* **What is needed**:
Please copy each line from the entries that contains the string "decoded".

BEGIN Dataset records

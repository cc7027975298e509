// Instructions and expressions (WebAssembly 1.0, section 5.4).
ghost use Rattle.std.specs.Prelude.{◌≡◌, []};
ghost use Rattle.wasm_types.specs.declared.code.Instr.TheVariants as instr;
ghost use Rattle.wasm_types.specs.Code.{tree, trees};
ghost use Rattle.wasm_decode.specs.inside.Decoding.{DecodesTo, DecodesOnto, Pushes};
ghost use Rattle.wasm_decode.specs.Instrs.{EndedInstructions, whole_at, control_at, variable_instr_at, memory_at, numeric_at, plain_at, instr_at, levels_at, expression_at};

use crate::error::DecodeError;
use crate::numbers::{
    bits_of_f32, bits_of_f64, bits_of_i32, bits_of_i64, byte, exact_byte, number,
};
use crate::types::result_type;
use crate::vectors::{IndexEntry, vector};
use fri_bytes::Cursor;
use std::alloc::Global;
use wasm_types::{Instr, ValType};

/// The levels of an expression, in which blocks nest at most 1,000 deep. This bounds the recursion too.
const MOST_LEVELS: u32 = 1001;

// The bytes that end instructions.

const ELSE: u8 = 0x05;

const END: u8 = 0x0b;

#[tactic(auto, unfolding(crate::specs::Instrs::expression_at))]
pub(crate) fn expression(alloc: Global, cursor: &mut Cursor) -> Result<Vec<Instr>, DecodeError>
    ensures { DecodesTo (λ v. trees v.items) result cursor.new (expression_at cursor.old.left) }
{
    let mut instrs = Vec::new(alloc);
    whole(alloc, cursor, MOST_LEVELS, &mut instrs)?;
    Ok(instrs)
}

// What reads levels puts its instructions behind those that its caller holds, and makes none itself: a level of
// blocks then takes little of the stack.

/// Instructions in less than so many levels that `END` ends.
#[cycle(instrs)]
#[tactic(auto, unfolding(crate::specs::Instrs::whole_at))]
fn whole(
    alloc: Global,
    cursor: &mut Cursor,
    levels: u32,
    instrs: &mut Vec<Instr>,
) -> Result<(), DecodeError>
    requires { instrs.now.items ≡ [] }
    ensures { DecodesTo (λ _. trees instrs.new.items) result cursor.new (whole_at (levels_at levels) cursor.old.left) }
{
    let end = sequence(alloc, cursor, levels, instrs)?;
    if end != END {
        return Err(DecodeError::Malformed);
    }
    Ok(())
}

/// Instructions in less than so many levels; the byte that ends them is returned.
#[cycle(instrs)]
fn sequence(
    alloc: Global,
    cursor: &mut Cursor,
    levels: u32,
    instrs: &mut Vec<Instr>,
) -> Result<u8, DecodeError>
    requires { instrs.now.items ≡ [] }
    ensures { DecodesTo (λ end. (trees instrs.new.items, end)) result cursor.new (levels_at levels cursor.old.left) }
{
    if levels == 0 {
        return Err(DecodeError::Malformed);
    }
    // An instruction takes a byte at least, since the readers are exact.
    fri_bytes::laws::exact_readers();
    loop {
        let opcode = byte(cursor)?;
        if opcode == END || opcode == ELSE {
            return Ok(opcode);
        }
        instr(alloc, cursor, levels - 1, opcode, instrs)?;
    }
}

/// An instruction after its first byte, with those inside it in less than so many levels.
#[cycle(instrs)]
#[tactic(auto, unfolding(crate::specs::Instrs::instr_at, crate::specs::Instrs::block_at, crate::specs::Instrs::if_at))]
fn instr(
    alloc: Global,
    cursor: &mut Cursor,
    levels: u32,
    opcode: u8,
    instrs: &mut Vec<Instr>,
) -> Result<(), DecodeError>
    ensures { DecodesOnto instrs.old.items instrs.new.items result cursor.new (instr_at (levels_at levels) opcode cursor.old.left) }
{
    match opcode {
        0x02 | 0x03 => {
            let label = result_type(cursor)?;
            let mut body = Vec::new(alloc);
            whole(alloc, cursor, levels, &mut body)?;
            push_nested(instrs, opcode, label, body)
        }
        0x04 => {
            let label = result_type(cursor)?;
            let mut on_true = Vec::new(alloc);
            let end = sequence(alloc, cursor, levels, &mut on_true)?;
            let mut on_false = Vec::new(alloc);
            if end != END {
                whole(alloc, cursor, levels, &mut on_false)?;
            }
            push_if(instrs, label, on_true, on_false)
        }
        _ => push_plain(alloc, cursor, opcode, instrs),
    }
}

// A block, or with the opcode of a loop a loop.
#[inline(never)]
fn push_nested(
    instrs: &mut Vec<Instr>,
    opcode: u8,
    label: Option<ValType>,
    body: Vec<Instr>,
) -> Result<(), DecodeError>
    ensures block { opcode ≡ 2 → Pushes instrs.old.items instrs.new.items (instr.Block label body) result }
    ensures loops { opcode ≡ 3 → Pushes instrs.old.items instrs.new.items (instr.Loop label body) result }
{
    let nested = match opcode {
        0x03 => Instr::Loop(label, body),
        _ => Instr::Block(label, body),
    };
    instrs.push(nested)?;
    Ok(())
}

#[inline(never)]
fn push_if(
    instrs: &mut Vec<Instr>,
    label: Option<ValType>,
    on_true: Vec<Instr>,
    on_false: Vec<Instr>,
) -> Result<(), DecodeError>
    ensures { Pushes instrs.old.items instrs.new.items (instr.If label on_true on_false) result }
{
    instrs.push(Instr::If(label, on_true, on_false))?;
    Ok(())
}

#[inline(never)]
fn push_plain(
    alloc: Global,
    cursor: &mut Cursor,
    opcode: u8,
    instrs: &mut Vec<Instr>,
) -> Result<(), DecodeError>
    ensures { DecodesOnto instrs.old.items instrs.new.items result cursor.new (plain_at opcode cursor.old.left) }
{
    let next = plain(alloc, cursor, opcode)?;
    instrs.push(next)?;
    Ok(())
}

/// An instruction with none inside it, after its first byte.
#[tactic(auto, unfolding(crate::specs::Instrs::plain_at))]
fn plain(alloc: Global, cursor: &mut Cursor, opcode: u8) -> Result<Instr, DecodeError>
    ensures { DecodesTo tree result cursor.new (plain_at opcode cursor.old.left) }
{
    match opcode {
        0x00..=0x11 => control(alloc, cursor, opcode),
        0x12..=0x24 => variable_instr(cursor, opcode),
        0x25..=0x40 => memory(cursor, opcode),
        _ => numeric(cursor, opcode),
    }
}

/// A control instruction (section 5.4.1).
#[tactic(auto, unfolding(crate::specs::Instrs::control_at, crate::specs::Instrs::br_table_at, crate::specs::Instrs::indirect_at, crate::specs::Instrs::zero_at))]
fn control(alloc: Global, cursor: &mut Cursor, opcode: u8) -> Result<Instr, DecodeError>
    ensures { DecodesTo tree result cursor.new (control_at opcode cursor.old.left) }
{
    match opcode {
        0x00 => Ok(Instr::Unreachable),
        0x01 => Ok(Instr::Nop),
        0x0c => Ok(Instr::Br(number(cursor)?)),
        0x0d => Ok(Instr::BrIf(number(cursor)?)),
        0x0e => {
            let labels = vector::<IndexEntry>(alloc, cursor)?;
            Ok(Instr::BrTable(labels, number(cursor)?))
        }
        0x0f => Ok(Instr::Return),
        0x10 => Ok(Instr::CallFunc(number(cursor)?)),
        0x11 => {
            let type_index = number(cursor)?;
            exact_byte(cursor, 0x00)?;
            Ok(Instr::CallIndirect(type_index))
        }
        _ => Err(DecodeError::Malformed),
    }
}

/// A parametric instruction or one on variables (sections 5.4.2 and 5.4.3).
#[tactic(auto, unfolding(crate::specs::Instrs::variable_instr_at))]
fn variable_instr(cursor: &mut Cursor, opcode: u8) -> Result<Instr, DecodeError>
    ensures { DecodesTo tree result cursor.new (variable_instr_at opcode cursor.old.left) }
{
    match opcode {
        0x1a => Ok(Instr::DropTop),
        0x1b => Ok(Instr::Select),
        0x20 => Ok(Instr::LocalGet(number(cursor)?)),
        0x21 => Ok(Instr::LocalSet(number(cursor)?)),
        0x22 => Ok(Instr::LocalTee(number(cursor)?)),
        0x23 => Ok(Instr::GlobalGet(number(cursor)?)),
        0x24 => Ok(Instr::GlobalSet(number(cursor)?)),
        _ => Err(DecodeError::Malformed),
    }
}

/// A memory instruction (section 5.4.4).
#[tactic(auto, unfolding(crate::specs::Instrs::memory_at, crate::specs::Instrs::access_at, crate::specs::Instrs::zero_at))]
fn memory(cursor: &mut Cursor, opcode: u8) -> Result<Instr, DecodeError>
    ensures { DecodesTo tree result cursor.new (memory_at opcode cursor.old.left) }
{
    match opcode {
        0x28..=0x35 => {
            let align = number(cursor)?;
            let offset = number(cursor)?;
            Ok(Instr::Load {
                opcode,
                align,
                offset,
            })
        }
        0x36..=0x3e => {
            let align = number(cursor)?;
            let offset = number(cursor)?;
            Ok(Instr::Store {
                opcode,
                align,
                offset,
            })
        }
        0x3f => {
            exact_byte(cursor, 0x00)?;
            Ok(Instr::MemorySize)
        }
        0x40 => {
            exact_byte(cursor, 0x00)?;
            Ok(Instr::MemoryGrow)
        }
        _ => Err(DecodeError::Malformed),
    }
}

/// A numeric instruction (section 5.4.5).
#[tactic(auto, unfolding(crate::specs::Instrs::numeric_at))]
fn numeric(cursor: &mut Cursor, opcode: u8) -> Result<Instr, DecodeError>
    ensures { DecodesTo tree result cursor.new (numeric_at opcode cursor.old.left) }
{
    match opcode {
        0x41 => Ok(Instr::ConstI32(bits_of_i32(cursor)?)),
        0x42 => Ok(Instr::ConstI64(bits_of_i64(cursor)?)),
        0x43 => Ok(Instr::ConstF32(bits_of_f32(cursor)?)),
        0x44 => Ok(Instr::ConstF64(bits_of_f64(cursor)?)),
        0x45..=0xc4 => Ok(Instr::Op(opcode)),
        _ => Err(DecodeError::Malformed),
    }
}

END Dataset records
BEGIN Dataset records

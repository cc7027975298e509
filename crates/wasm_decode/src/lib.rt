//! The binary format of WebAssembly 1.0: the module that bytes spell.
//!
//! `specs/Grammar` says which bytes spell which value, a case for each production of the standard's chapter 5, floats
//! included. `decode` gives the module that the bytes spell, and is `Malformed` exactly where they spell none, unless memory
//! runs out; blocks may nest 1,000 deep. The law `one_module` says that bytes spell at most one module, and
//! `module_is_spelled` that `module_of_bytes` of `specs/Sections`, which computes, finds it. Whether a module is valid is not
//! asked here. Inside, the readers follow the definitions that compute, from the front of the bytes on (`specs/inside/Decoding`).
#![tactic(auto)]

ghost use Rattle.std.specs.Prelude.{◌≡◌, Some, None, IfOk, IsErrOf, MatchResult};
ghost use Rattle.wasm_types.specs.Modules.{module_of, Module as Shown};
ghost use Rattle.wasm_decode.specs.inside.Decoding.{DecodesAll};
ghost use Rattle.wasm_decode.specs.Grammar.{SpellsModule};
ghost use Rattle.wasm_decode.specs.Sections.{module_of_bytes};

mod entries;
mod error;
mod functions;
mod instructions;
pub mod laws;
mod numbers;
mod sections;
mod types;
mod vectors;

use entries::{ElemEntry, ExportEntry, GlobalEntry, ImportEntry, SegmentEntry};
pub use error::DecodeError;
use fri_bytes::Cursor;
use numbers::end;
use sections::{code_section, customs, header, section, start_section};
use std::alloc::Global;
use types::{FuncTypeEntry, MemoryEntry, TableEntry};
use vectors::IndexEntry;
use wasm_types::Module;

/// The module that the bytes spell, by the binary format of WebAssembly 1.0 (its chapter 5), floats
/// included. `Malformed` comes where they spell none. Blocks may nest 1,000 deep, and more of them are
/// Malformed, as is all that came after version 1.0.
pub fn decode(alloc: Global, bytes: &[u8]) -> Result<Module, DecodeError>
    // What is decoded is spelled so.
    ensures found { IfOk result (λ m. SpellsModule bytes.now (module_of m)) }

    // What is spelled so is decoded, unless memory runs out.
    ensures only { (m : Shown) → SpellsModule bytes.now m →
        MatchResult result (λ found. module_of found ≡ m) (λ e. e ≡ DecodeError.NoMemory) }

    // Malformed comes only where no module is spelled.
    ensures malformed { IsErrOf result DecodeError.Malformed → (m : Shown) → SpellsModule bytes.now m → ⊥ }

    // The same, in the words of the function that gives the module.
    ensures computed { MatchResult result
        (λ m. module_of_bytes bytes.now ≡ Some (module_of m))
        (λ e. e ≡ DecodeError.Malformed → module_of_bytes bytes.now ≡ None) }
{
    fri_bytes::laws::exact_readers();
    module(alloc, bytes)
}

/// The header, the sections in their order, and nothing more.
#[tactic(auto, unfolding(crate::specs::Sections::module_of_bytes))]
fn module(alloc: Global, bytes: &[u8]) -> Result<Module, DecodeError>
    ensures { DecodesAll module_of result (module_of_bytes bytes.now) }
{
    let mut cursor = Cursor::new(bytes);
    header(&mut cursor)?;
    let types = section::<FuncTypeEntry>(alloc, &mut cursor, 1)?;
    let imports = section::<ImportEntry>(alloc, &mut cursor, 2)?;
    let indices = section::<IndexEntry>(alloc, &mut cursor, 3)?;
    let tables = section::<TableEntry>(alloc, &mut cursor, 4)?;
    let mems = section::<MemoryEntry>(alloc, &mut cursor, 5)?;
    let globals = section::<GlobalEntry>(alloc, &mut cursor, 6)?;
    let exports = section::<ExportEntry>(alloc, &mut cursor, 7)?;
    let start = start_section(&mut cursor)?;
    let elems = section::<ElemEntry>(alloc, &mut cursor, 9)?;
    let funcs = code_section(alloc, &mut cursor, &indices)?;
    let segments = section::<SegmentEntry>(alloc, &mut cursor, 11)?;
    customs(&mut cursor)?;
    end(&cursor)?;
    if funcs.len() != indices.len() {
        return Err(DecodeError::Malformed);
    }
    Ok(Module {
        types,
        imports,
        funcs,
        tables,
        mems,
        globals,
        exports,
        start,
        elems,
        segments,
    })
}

END Dataset records

* **Task response**:
    // What is decoded is spelled so.
    // What is spelled so is decoded, unless memory runs out.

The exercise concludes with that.